WORK INSTRUCTIONS = Look through the records, and wherever the string "movements" turns up, copy out that line.

[Stored items]
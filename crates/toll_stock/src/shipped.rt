//! What was shipped of each lot.
ghost use Rattle.std.specs.Prelude.{◌≡◌, ◌+◌, ◌<◌, ◌^◌, if◌then◌else◌, IfOk, OnOk};
ghost use Rattle.toll_stock.specs.Common.{Bytes};
ghost use Rattle.toll_stock.specs.LotTotals.{AreShippedIn, amount_of, is_shipment_of, lot_shipped};

use std::alloc::{AllocError, Global};
use std::collections::BTreeMap;
use toll_base::{Move, Name, Slice};

/// How much was shipped of each lot of an owner, each lot once, in the order of the lots.
#[derive(Drop)]
pub(crate) struct Shipped {
    amounts: BTreeMap<Name, u64>,
}

impl Shipped {
    /// Of the lots of the slice's owner, by one walk over its movements.
    pub(crate) fn of(alloc: Global, slice: &Slice) -> Result<Self, AllocError>
        ensures { IfOk result (AreShippedIn slice.now) }
    {
        // For the proof: the amounts of rows that keep the rules fit.
        let _owner = slice.owner();
        let mut shipped = Shipped {
            amounts: BTreeMap::new(alloc),
        };
        for row in slice.moves().iter() {
            shipped.add(&row.what, row.amount.get())?;
        }
        Ok(shipped)
    }

    /// How much was shipped of the lot: 0 if it has no amount.
    pub(crate) fn amount(&self, lot: &Name) -> u64
        ensures { result ≡ amount_of self.now lot.now }
    {
        match self.amounts.get(lot) {
            Some(amount) => *amount,
            None => 0,
        }
    }

    // Adds the movement's amount, if it is a shipment.
    fn add(&mut self, what: &Move, amount: u64) -> Result<(), AllocError>
        requires { (lot : Bytes) → amount_of self.old lot + amount < 2 ^ 64 }
        ensures { OnOk result ((lot : Bytes) → amount_of self.new lot
            ≡ amount_of self.old lot + (if is_shipment_of lot what.now then amount else 0)) }
    {
        let Some(lot) = lot_shipped(what) else {
            return Ok(());
        };
        let sum = self.amount(&lot) + amount;
        self.amounts.insert(lot, sum)?;
        Ok(())
    }
}

// The lot that the movement ships, if it is a shipment.
fn lot_shipped(what: &Move) -> Option<Name>
    ensures { result ≡ lot_shipped what.now }
{
    match *what {
        Move::Ship { lot, .. } => Some(lot),
        _ => None,
    }
}
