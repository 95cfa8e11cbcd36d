//! Splits.
ghost use Rattle.std.specs.Prelude.{◌≡◌, IfOk};
ghost use Rattle.toll_stock.specs.Common.{changes_of, KeepsRules, moves, Decides, DecisionKeepsRules, verdict_of_result, PutsOnly, facts_of, verdict_of_checks};
ghost use Rattle.toll_base.specs.declared.movement.Move.TheVariants as Move;
ghost use Rattle.toll_stock.specs.Plans.{IsSplitPlan, parted_checks};

use crate::movements::{check_taking, decide_movement};
use std::alloc::{AllocError, Global};
use toll_base::{Amount, Change, Day, Decision, Move, MoveRow, Name, Refusal, Row, Slice};
use toll_history::{has_room_in, sublot_gaining, sublot_losing};

/// Moves an amount from a sublot to another one of the same lot, new or known.
///
/// A known key with equal content is repeated, or [`Refusal::Voided`], with other content
/// [`Refusal::KeyConflict`]. Then [`Refusal::SameSublot`], [`Refusal::UnknownLot`],
/// [`Refusal::UnknownSublot`], [`Refusal::NotEnough`], and [`Refusal::LimitReached`] at 20,000
/// movements. It fails only if memory runs out.
pub fn split(
    alloc: Global,
    slice: &Slice,
    key: Name,
    lot: Name,
    sublot: Name,
    target: Name,
    amount: Amount,
    day: Day,
) -> Result<Decision, AllocError>
    ensures decides { IfOk result
        (Decides (moves slice.now.owner key (Move.Split lot sublot target) amount day) slice.now) }
    ensures rules { IfOk result (DecisionKeepsRules slice.now) }
    ensures own { IfOk result (λ d. PutsOnly slice.now.owner (changes_of d)) }
{
    let row = MoveRow {
        key,
        what: Move::Split {
            lot,
            sublot,
            target,
        },
        amount,
        day,
    };
    plan_split(alloc, slice, &row, lot, sublot, target)
}

fn plan_split(
    alloc: Global,
    slice: &Slice,
    row: &MoveRow,
    lot: Name,
    sublot: Name,
    target: Name,
) -> Result<Decision, AllocError>
    ensures plan { IfOk result (IsSplitPlan slice.now row.now lot sublot target) }
    ensures kept { KeepsRules slice.now }
{
    let owner = *slice.owner();
    let checked = check_split(slice, &lot, &sublot, &target, row.amount);
    let to = sublot_gaining(slice, lot, target, row.amount);
    let from = sublot_losing(slice, lot, sublot, row.amount);
    let changes = [
        Change::Put(owner, Row::Move(*row)),
        Change::Put(owner, Row::Sublot(to)),
        Change::Put(owner, Row::Sublot(from)),
    ];
    decide_movement(alloc, slice, row, checked, &changes)
}

fn check_split(
    slice: &Slice,
    lot: &Name,
    sublot: &Name,
    target: &Name,
    amount: Amount,
) -> Result<(), Refusal>
    ensures { verdict_of_result result ≡ verdict_of_checks (parted_checks
        (facts_of slice.now) lot.now sublot.now target.now amount) }
{
    if *sublot == *target {
        return Err(Refusal::SameSublot);
    }
    match check_taking(slice, lot, sublot, amount) {
        Err(why) => Err(why),
        Ok(()) if has_room_in(slice, lot, target, amount) => Ok(()),
        Ok(()) => Err(Refusal::LimitReached),
    }
}
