//! The totals of an owner's lots.
ghost use Rattle.std.specs.Prelude.{◌≡◌, IfOk};
ghost use Rattle.toll_stock.specs.Common.{lot_id, shipped, History, IsRowsOf, IsLawful};
ghost use Rattle.toll_stock.specs.LotTotals.{totals_in, totals_given, shipped_in};

use crate::shipped::Shipped;
use crate::stock::{Totals, on_hand_of};
use std::alloc::{AllocError, Global};
use std::marker::Model;
use toll_base::{Name, Slice};

/// An owner's rows, with what was shipped of each of its lots beside them, so that the totals of a lot
/// need no walk over the movements.
pub struct LotTotals {
    slice: Slice,
    shipped: Shipped,
}

impl Model for LotTotals {
    ghost use Rattle.toll_base.specs.Slice as shown;
    ghost use Rattle.toll_stock.specs.LotTotals.{AreShippedIn};

    ghost Value = { shown.Slice };

    ghost view = { λ t. t.slice };

    ghost invariant = { λ t. AreShippedIn t.slice t.shipped };
}

/// By hand, because a derived drop is written out at every exit of every function that owns one.
impl Drop for LotTotals {
    fn drop(self) {
        let LotTotals {
            slice: _,
            shipped: _,
        } = self;
    }
}

impl LotTotals {
    /// Of the lots of the slice's owner, by one walk over its movements. It fails only if memory runs out.
    pub fn new(alloc: Global, slice: Slice) -> Result<Self, AllocError>
        ensures { IfOk result (λ totals. totals ≡ slice) }
    {
        let shipped = Shipped::of(alloc, &slice)?;
        Ok(LotTotals { slice, shipped })
    }

    /// The rows of the owner whose lots these are.
    pub fn slice(&self) -> &Slice
        ensures { result.now ≡ self.now }
    {
        &self.slice
    }

    /// The totals of a lot; `None` if the owner has no such lot. It takes no memory, and looks at the
    /// lot's sublots alone.
    pub fn of_lot(&self, lot: &Name) -> Option<Totals>
        ensures rows { result ≡ totals_in self.now lot.now }
        ensures totals { (H : History) → IsLawful H → IsRowsOf H self.now
            → result ≡ totals_given H (lot_id self.now.owner lot.now) }
    {
        match self.slice.lot(lot) {
            None => None,
            Some(_) => Some(Totals {
                on_hand: on_hand_of(&self.slice, lot),
                shipped: self.shipped_of(lot),
            }),
        }
    }

    // What the lot's shipments took.
    fn shipped_of(&self, lot: &Name) -> u64
        ensures rows { result ≡ shipped_in self.now lot.now }
        ensures amount { (H : History) → IsLawful H → IsRowsOf H self.now
            → result ≡ shipped H (lot_id self.now.owner lot.now) }
    {
        // For the proof: movements are in the order of their keys.
        let _moves = self.slice.moves();
        self.shipped.amount(lot)
    }
}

SOLUTION BELOW =
    /// Of the lots of the slice's owner, by one walk over its movements.
use crate::movements::{check_taking, decide_movement};
/// movements. It fails only if memory runs out.
/// need no walk over the movements.
    /// Of the lots of the slice's owner, by one walk over its movements. It fails only if memory runs out.
        // For the proof: movements are in the order of their keys.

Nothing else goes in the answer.